Was passiert bei Anrufern auf Terminsuche?
Als Alternative zum direkten Nachfragen in der Praxis vermitteln «Terminservicestellen» schon jetzt freie Sprechzeiten bei Fachärzten binnen vier Wochen, aber nicht unbedingt beim Wunscharzt. Künftig sollen über die 116 117 auch Termine bei Haus- und Kinderärzten zu bekommen sein, auch zur dauerhaften Betreuung. Praxen sollen freie Zeiten dafür in ein System einstellen. Als Anreiz winkt auch extra Geld für Patienten, die so vermittelt wurden. Die gesetzlichen Krankenversicherungen (GKV) begrüßen das einheitliche Angebot. 17 unterschiedliche Nummern und Erreichbarkeitszeiten in den KV-Bezirken seien «alles andere als patientenfreundlich», sagt Stefanie Stoff-Ahnis, Vorstand des GKV-Spitzenverbands. Künftig könne auch besser koordiniert werden, welche Fälle wirklich eilig seien.
Wie geht es weiter?
Wie die Hotline angenommen wird und wie reibungslos dann alles funktioniert, muss sich im neuen Jahr zeigen.
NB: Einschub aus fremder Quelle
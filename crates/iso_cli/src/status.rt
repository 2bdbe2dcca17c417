//! How a run ends, and its exit code.

ghost use Rattle.std.specs.Prelude.{◌≡◌};
ghost use Rattle.nrrd_raw.specs.declared.faults.GridFault.{GridFault};
ghost use Rattle.off_read.specs.declared.faults.OffFault.{OffFault};
ghost use Rattle.iso_cli.specs.declared.status.Status.TheVariants.{Memory, ShelfFault, WriteFault};
ghost use Rattle.iso_cli.specs.StatusLines.{status_code};
ghost use Rattle.iso_cli.specs.StatusCauses.{grid_status, off_status, table_status};

use iso_base::{Failed, Memory as NoMemory};
use iso_formats::Field;
use mesh_audit::Finding;
use nrrd_raw::GridFault;
use off_read::OffFault;
use off_write::WriteFault;
use std::alloc::{AllocError, AllocFailed};
use table_file::TableFault;

/// How a run of the program ends. Nothing was put to the output unless it is `Done` or `WriteFault`.
#[derive(Clone, Copy, Debug, PartialEq, Eq, Drop)]
pub enum Status {
    /// The whole output was put.
    Done,
    /// Memory was refused.
    Memory,
    /// The words are no right list: the first wrong word, counted from 1.
    Usage(u32),
    /// A call of the shelf failed: its count of faults after that call.
    ShelfFault(u64),
    /// A call of the output failed: its count of faults after that call. A front of the output was put.
    WriteFault(u64),
    /// The table file is no table.
    TableForm(TableForm),
    /// The table is not accepted: the least label that fails a rule, and the least rule, from 1 to 6, that it fails.
    TableRefused { label: u32, rule: u8 },
    /// The grid file is no grid of samples.
    GridForm(GridCause),
    /// The grid has more than 2^27 samples: their number.
    GridLarge(u128),
    /// The table and the grid have different dimensions.
    Unfit { table: u8, grid: u8 },
    /// The mesh file is no mesh.
    MeshForm(OffCause),
    /// The simplices of the mesh are not glued: what is found in it, which is never `Clean`.
    AuditFault(Finding),
}

/// Why a file is no table.
#[derive(Clone, Copy, Debug, PartialEq, Eq, Drop)]
pub enum TableForm {
    /// It has more than 2^30 bytes, or where it begins as one of version 2, more than 2^20 bytes beyond that.
    Long,
    /// Its bytes are those of no table: the place of the fault, counted from 0, and what is wrong there.
    Fault { place: u64, cause: TableCause },
}

/// What is wrong at a place of a table file.
#[derive(Clone, Copy, Debug, PartialEq, Eq, Drop)]
pub enum TableCause {
    /// A wrong byte among the first eight.
    Magic,
    /// A wrong byte among the next eight, which name the kind of table.
    Kind,
    /// A byte of a tuple that is no edge's number.
    EdgeNumber,
    /// The file ends.
    Short,
    /// A whole table ended just before.
    Extra,
    /// In version 2 the number of records, a label or an offset.
    Index,
    /// In version 2 the count of a body.
    Count,
}

/// Why a file is no grid. Numbers of lines are counted from 1.
#[derive(Clone, Copy, Debug, PartialEq, Eq, Drop)]
pub enum GridCause {
    /// It does not begin with `NRRD0001` to `NRRD0005` and a line end.
    Magic,
    /// The first 65,536 bytes hold no end of the header.
    HeaderLong,
    /// The file ends within the header.
    HeaderEnd,
    /// The line is no comment, pair or field.
    Line(u32),
    /// The line repeats a field.
    Repeated(u32),
    /// The line has no sample type that is read.
    SampleType(u32),
    /// The line has no dimension from 2 to 4.
    Dimension(u32),
    /// The line does not have as many sizes as the dimension says, from 1 to 4294967295 each.
    Sizes(u32),
    /// The line has another encoding than raw.
    Encoding(u32),
    /// The line has no order of bytes.
    Endian(u32),
    /// The line skips lines or bytes.
    Skip(u32),
    /// The line names a data file.
    Detached(u32),
    /// A field is not there.
    Missing(Field),
    /// The file ends after so many data bytes, which are too few.
    DataShort(u64),
    /// A byte follows the last sample.
    Trailing,
}

/// Why a file is no mesh. Numbers of lines are counted from 1.
#[derive(Clone, Copy, Debug, PartialEq, Eq, Drop)]
pub enum OffCause {
    /// It has more than 2^30 bytes.
    Long,
    /// It does not begin with `OFF`, or `nOFF` and 2, 3 or 4.
    Header(u32),
    /// The line has a wrong number of vertices, faces or edges.
    Count(u32),
    /// The line has a wrong coordinate.
    Coordinate(u32),
    /// The line has a face with another number of vertices than the mesh has dimensions.
    FaceSize(u32),
    /// The line has a wrong vertex of a face.
    Index(u32),
    /// The line has a word behind the last face.
    Extra(u32),
    /// The file ends too early, behind so many lines.
    Short(u32),
}

impl Status {
    /// The exit code: 0 for `Done`, and a number of its own for each other status.
    pub fn code(&self) -> u8
        ensures { result ≡ status_code self.now }
    {
        match self {
            Status::Done => 0,
            Status::Memory => 1,
            Status::Usage(_) => 2,
            Status::ShelfFault(_) => 3,
            Status::WriteFault(_) => 4,
            Status::TableForm(_) => 5,
            Status::TableRefused { .. } => 6,
            Status::GridForm(_) => 7,
            Status::GridLarge(_) => 8,
            Status::Unfit { .. } => 9,
            Status::AuditFault(_) => 13,
            Status::MeshForm(_) => 14,
        }
    }
}

impl From<AllocError> for Status {
    ghost from_gives = { λ _ status. status ≡ Memory };

    fn from(_: AllocError) -> Self {
        Status::Memory
    }
}

impl<T: Drop> From<AllocFailed<T>> for Status {
    ghost from_gives = { λ _ status. status ≡ Memory };

    fn from(_: AllocFailed<T>) -> Self {
        Status::Memory
    }
}

impl From<NoMemory> for Status {
    ghost from_gives = { λ _ status. status ≡ Memory };

    fn from(_: NoMemory) -> Self {
        Status::Memory
    }
}

// Of a shelf: a sink's failure has its own type above `put`.
impl From<Failed> for Status {
    ghost from_gives = { λ failed status. status ≡ ShelfFault failed.count };

    fn from(failed: Failed) -> Self {
        Status::ShelfFault(failed.count)
    }
}

impl From<WriteFault> for Status {
    ghost from_gives = { λ fault status. status ≡ WriteFault fault.0 };

    fn from(fault: WriteFault) -> Self {
        Status::WriteFault(fault.0)
    }
}

impl From<TableFault> for Status {
    ghost from_gives = { λ fault status. status ≡ table_status fault };

    fn from(fault: TableFault) -> Self {
        match fault {
            TableFault::Magic(place) => Status::TableForm(TableForm::Fault {
                place,
                cause: TableCause::Magic,
            }),
            TableFault::Kind(place) => Status::TableForm(TableForm::Fault {
                place,
                cause: TableCause::Kind,
            }),
            TableFault::EdgeNumber(place) => Status::TableForm(TableForm::Fault {
                place,
                cause: TableCause::EdgeNumber,
            }),
            TableFault::Short(place) => Status::TableForm(TableForm::Fault {
                place,
                cause: TableCause::Short,
            }),
            TableFault::Extra(place) => Status::TableForm(TableForm::Fault {
                place,
                cause: TableCause::Extra,
            }),
            TableFault::Index(place) => Status::TableForm(TableForm::Fault {
                place,
                cause: TableCause::Index,
            }),
            TableFault::Count(place) => Status::TableForm(TableForm::Fault {
                place,
                cause: TableCause::Count,
            }),
            TableFault::Memory => Status::Memory,
        }
    }
}

impl From<GridFault> for Status {
    ghost from_gives = { λ fault status. status ≡ grid_status fault };

    fn from(fault: GridFault) -> Self {
        match fault {
            GridFault::Magic => Status::GridForm(GridCause::Magic),
            GridFault::HeaderLong => Status::GridForm(GridCause::HeaderLong),
            GridFault::HeaderEnd => Status::GridForm(GridCause::HeaderEnd),
            GridFault::Line(line) => Status::GridForm(GridCause::Line(line)),
            GridFault::Repeated(line) => Status::GridForm(GridCause::Repeated(line)),
            GridFault::SampleType(line) => Status::GridForm(GridCause::SampleType(line)),
            GridFault::Dimension(line) => Status::GridForm(GridCause::Dimension(line)),
            GridFault::Sizes(line) => Status::GridForm(GridCause::Sizes(line)),
            GridFault::Encoding(line) => Status::GridForm(GridCause::Encoding(line)),
            GridFault::Endian(line) => Status::GridForm(GridCause::Endian(line)),
            GridFault::Skip(line) => Status::GridForm(GridCause::Skip(line)),
            GridFault::Detached(line) => Status::GridForm(GridCause::Detached(line)),
            GridFault::Missing(field) => Status::GridForm(GridCause::Missing(field)),
            GridFault::TooLarge(count) => Status::GridLarge(count),
            GridFault::DataShort(count) => Status::GridForm(GridCause::DataShort(count)),
            GridFault::Trailing => Status::GridForm(GridCause::Trailing),
            GridFault::Shelf(count) => Status::ShelfFault(count),
            GridFault::Memory => Status::Memory,
        }
    }
}

impl From<OffFault> for Status {
    ghost from_gives = { λ fault status. status ≡ off_status fault };

    fn from(fault: OffFault) -> Self {
        match fault {
            OffFault::Long => Status::MeshForm(OffCause::Long),
            OffFault::Header(line) => Status::MeshForm(OffCause::Header(line)),
            OffFault::Count(line) => Status::MeshForm(OffCause::Count(line)),
            OffFault::Coordinate(line) => Status::MeshForm(OffCause::Coordinate(line)),
            OffFault::FaceSize(line) => Status::MeshForm(OffCause::FaceSize(line)),
            OffFault::Index(line) => Status::MeshForm(OffCause::Index(line)),
            OffFault::Extra(line) => Status::MeshForm(OffCause::Extra(line)),
            OffFault::Short(lines) => Status::MeshForm(OffCause::Short(lines)),
            OffFault::Shelf(count) => Status::ShelfFault(count),
            OffFault::Memory => Status::Memory,
        }
    }
}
Die KBV-Experten rechnen für 2020 mit rund zehn Millionen Anrufern nach gut sieben Millionen beim kleineren «alten» Angebot im vergangenen Jahr – bei übrigens insgesamt mehr als 500 Millionen Behandlungsfällen in den Praxen pro Jahr. Die Zukunft der 116 117 hängt auch noch von einer Reform der Notfallversorgung ab, die Gesundheitsminister Jens Spahn (CDU) parallel angeschoben hat. Vorgesehen sind darin unter anderem gemeinsame Leitstellen mit dem bekannten Notruf 112. Und ungewiss ist auch noch, ob an Stelle der Kassenärztlichen Vereinigungen künftig womöglich die Länder für die Sicherstellung der Patientenversorgung außerhalb der Sprechstundenzeiten zuständig sein sollen.